If you can, more power to you!
An interesting thing happened that really had me pissed off. I had to update the BIOS of my motherboard (ASRock X570 Pro4) for it to accept the 5700X. I did the flash update the exact same way that I always did with my previous (and now backup) motherboard, an ASRock X370 Killer SLI. Everything went smoothly, it said that the update was successful, press enter to reboot. So I rebooted and my PC was stuck in the ASRock logo screen. I couldn't enter the UEFI and it would not boot Windows. By all appearances, the mobo had been bricked by the update.
I tried everything that I could think of. I reset the CMOS several times, I tried changing CPUs, the board diagnostic LED had "BOOT" and "VGA" solidly lit so I tried swapping out my RX 6800 XT for an R9 Fury but nothing had any effect. I saw a post on one of ASRock's forums that said to try leaving the CMOS battery out for 4 hours or more so I tried that. I took the mobo to work and popped out the CR2032. It was left like that for about six hours.
When I took it home, I hooked it up to the PSU with only the SSDs attached and, much to my shock, the thing booted up. Windows wouldn't load past the Windows logo because I hadn't set the BIOS date but it booted. It appeared that the 6 hours without a CMOS battery had done the trick so I thanked my lucky stars and put my PC back together only for it to go back to pretending to be bricked.

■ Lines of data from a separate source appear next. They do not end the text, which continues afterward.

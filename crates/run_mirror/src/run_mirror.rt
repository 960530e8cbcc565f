//! What a run kept.
ghost use Rattle.std.specs.Prelude.{◌≡◌, List, ℕ, Option, length, map, string_bytes};
ghost use Rattle.address.specs.AddressOrder.{IsAscending};
ghost use Rattle.run_mirror.specs.Mirrors.{name_in, recorded_addresses, target_in};

use crate::lookup::{name_of, outcome_of, target_of};
use crate::place_hints::PlaceHints;
use address::Address;
use fetcher::Outcome;
use link_changes::Mirror;
use std::alloc::Global;
use std::marker::Model;

/// What a run kept, under which names, and where it was redirected. Each look takes a time
/// that is logarithmic in the number of addresses, or constant with hints of names, and no memory.
#[derive(Drop)]
pub struct RunMirror<'a> {
    pub(crate) kept: &'a [Address],
    pub(crate) names: &'a [String],
    records: &'a [(Address, Outcome)],
    // Of the kept pages.
    hints: Option<PlaceHints>,
}

// Contracts see the lists.
impl<'a> Model for RunMirror<'a> {
    ghost use Rattle.std.specs.Prelude.{map, string_bytes};
    ghost use Rattle.run_mirror.specs.Mirrors.{Kept, IsOrdered};

    ghost Value = { Kept };

    ghost view = { λ run. record { kept = run.kept.now; names = map string_bytes run.names.now; records = run.records.now } };

    ghost invariant = { λ run. IsOrdered (record { kept = run.kept.now; names = map string_bytes run.names.now; records = run.records.now }) };
}

impl<'a> RunMirror<'a> {
    /// What a run kept: these pages, each with its name in its place, and the outcomes that it recorded. Pages and records are in address
    /// order, as a harvest has them. Takes no memory.
    pub fn new(
        kept: &'a [Address],
        names: &'a [String],
        records: &'a [(Address, Outcome)],
    ) -> RunMirror<'a>
        requires named { length names.now ≡ length kept.now }
        requires kept { IsAscending kept.now }
        requires records { IsAscending (recorded_addresses records.now) }
        ensures { result ≡ record { kept = kept.now; names = map string_bytes names.now; records = records.now } }
    {
        RunMirror {
            kept,
            names,
            records,
            hints: None,
        }
    }

    /// The same, with hints by which names are found without a search. They take 8 bytes for each page; without memory for them there are none.
    pub fn with_hints(self, alloc: Global) -> RunMirror<'a>
        ensures { result ≡ self.entry }
    {
        let hints = PlaceHints::of(alloc, self.kept).ok();
        RunMirror { hints, ..self }
    }

    /// The outcome that the run recorded of an address. Takes no memory.
    pub(crate) fn outcome(&self, address: &Address) -> Option<&Outcome>
        ensures { option_map (λ outcome. outcome.now) result ≡ outcome_among self.now.records address.now }
    {
        outcome_of(self.records, address)
    }
}

ghost use Rattle.std.specs.Prelude.{option_map};
ghost use Rattle.run_mirror.specs.Mirrors.{outcome_among};

impl<'a> Mirror for RunMirror<'a> {
    ghost name_of = { λ run u. name_in run u };

    ghost target_of = { λ run u. target_in run u };

    fn name(&self, address: &Address) -> Option<&str> {
        name_of(&self.hints, self.kept, self.names, address)
    }

    fn target(&self, address: &Address) -> Option<&Address> {
        match self.outcome(address) {
            Some(outcome) => target_of(outcome),
            None => None,
        }
    }
}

I was puzzled as hell. What was causing this? I started thinking about what was different between it working and not. Then I realised that I had five SATA devices attached to the mobo which got me thinking. I remembered that my X370 Killer SLI once refused to post because there was something about one of my 2TB hard drives that it didn't like. To this day, I have no idea what it was because the drive is still alive and working in an enclosure. I then realised that there had to be some problem with one of my oldest hard drives.
After playing "pull a SATA cable and boot" for about ten minutes, I discovered that it was actually TWO drives that were causing the issue. I use one of these drives to store games that I'm not currently playing (I copy games over to my gaming NVMe when I'm playing them) and I can't remember what the other drive is for but I know that I have my music collection on it.

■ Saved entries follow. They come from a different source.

//! Bodies anew.
ghost use Rattle.std.specs.Prelude.{◌≡◌, [], IfOk, option_map, slice_index_or, string_bytes, vec_items};
ghost use Rattle.kept_bodies.specs.declared.body_kind.BodyKind.TheVariants as kinds;
ghost use Rattle.run_mirror.specs.Mirrors.{outcome_among};
ghost use Rattle.run_mirror.specs.Anew.{base_at, given, is_read, kind_if, IsAnswer};
ghost use Rattle.run_mirror.specs.inner.Answers.{IsAnswerAs};

use crate::kept_page::PageFile;
use crate::lookup::is_read;
use crate::reading::reading_of;
use crate::run_mirror::RunMirror;
use address::{Address, AddressFault};
use fetcher::{Edge, Outcome};
use kept_bodies::BodyKind;
use page_links::{rewrite, rewrite_sheet, stays};
use std::alloc::{AllocError, Global};

/// What becomes of a kept body.
#[derive(Drop)]
pub enum Anew {
    /// It stays: its links lead from its file where they led from its page, or the run looked for none in it.
    Same,
    /// These bytes are to be in its place.
    Changed(Vec<u8>),
    /// It stays as it came, though links of it may lead elsewhere: what would be written reads otherwise.
    Left,
}

/// What becomes of a body that is this one anew.
fn answer(body: &[u8], other: Option<Vec<u8>>) -> Anew
    ensures { given body.now result ≡ option_map vec_items other }
{
    match other {
        Some(other) => {
            if other.as_slice() == body {
                Anew::Same
            } else {
                Anew::Changed(other)
            }
        },
        None => Anew::Left,
    }
}

/// The base of a page at that address whose first `base` names this.
pub(crate) fn base_of(address: &Address, base: &Option<String>) -> Result<Address, AllocError>
    ensures { IfOk result (λ at. at ≡ base_at address.now (option_map string_bytes base.now)) }
{
    match base {
        Some(text) => match address.join(text.as_str()) {
            Ok(base) => Ok(base),
            Err(AddressFault::Memory) => Err(AllocError),
            Err(_) => address.try_clone(),
        },
        None => address.try_clone(),
    }
}

impl<'a> RunMirror<'a> {
    /// What a body is that was kept of that address, if links were looked for in it.
    fn kind_read(&self, address: &Address, kind: BodyKind) -> BodyKind
        ensures { result ≡ kind_if (is_read (outcome_among self.now.records address.now)) kind }
    {
        if is_read(self.outcome(address)) {
            kind
        } else {
            BodyKind::Other
        }
    }

    /// Where the page of that address leads.
    fn edges(&self, address: &Address) -> &[Edge] {
        match self.outcome(address) {
            Some(Outcome::Page(_, edges)) => edges.as_slice(),
            _ => &[],
        }
    }

    /// What becomes of a page. Whether it stays is looked at first: many pages have only links that do, and that is cheaper than writing.
    fn page_anew(
        &self,
        alloc: Global,
        address: &Address,
        file: &str,
        body: &[u8],
    ) -> Result<Anew, AllocError>
        ensures { IfOk result (λ anew. IsAnswerAs kinds.Html self.now address.now file.now body.now anew) }
    {
        let known = reading_of(alloc, address, self.edges(address), body)?;
        let Some(reading) = known else {
            return Ok(Anew::Left);
        };
        let base = base_of(address, &reading.found.base)?;
        let page = PageFile::new(alloc, self, file, &base);
        if stays(&page, &reading.found)? {
            return Ok(Anew::Same);
        }
        match rewrite(alloc, &page, reading.syntax, body, &reading.found) {
            Ok(other) => Ok(answer(body, other)),
            Err(_) => Err(AllocError),
        }
    }

    fn sheet_anew(
        &self,
        alloc: Global,
        address: &Address,
        file: &str,
        body: &[u8],
    ) -> Result<Anew, AllocError>
        ensures { IfOk result (λ anew. IsAnswerAs kinds.Sheet self.now address.now file.now body.now anew) }
    {
        let sheet = PageFile::new(alloc, self, file, address);
        match rewrite_sheet(alloc, &sheet, body) {
            Ok(other) => Ok(answer(body, other)),
            Err(_) => Err(AllocError),
        }
    }

    /// What becomes of the body that was kept of that address, as this file.
    fn body_anew(
        &self,
        alloc: Global,
        address: &Address,
        kind: BodyKind,
        file: &str,
        body: &[u8],
    ) -> Result<Anew, AllocError>
        ensures { IfOk result (λ anew. IsAnswer self.now address.now kind file.now body.now anew) }
    {
        match self.kind_read(address, kind) {
            BodyKind::Html => {
                let page = self.page_anew(alloc, address, file, body)?;
                Ok(page)
            },
            BodyKind::Sheet => {
                let sheet = self.sheet_anew(alloc, address, file, body)?;
                Ok(sheet)
            },
            BodyKind::Other => Ok(Anew::Same),
        }
    }

    /// What becomes of the body of the page at that place among those that were kept, counted from 0: the body with its links changed. Its
    /// kind is this. The bytes are to be those that came, not those that were changed before. It takes two or three times the memory of the
    /// body. At a place without a page it is left.
    ///
    /// # Errors
    /// Out of memory; then the file is to stay as it is.
    pub fn body_at(
        &self,
        alloc: Global,
        place: usize,
        kind: BodyKind,
        body: &[u8],
    ) -> Result<Anew, AllocError>
        ensures { IfOk result (λ anew. IsAnswer self.now (slice_index_or self.now.kept place []) kind (slice_index_or self.now.names place []) body.now anew) }
    {
        let Some(page) = self.kept.get(place) else {
            return Ok(Anew::Left);
        };
        let Some(name) = self.names.get(place) else {
            return Ok(Anew::Left);
        };
        self.body_anew(alloc, page, kind, name.as_str(), body)
    }
}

Well, I think that they're also both 2TB drives so I'm replacing them with two 8TB internal drives and put them in enclosures. I'll copy the stuff over to the 8TB drives, format the 2TB drives and copy the data back to keep as backups. It sure beats waiting to download an entire game from Steam, Origin, Epic or uPlay and it also keeps my game progress intact. I found a great deal on 8TB drives ($155 each) so I'll get two of them and I'll be able to eliminate all of the other drives in my PC. Hell, maybe I'll finally move it over to the new case I bought (that I never used because it only holds 3 HDDs).
I was using my mining rig as a backup PC during all of this and it suddenly shut itself off and won't turn on again. It's my ancient Gigabyte 990FX motherboard with my FX-8530 on it. It's possible that my OCZ Z1000M PSU has finally given up the ghost. I'm hoping that's what it is because I came across an incredible deal on Gigabyte 650W 80+Bronze PSUs... $40 each!
If my motherboard is the problem, well, replacing that will be impossible. So I'm keeping my fingers crossed!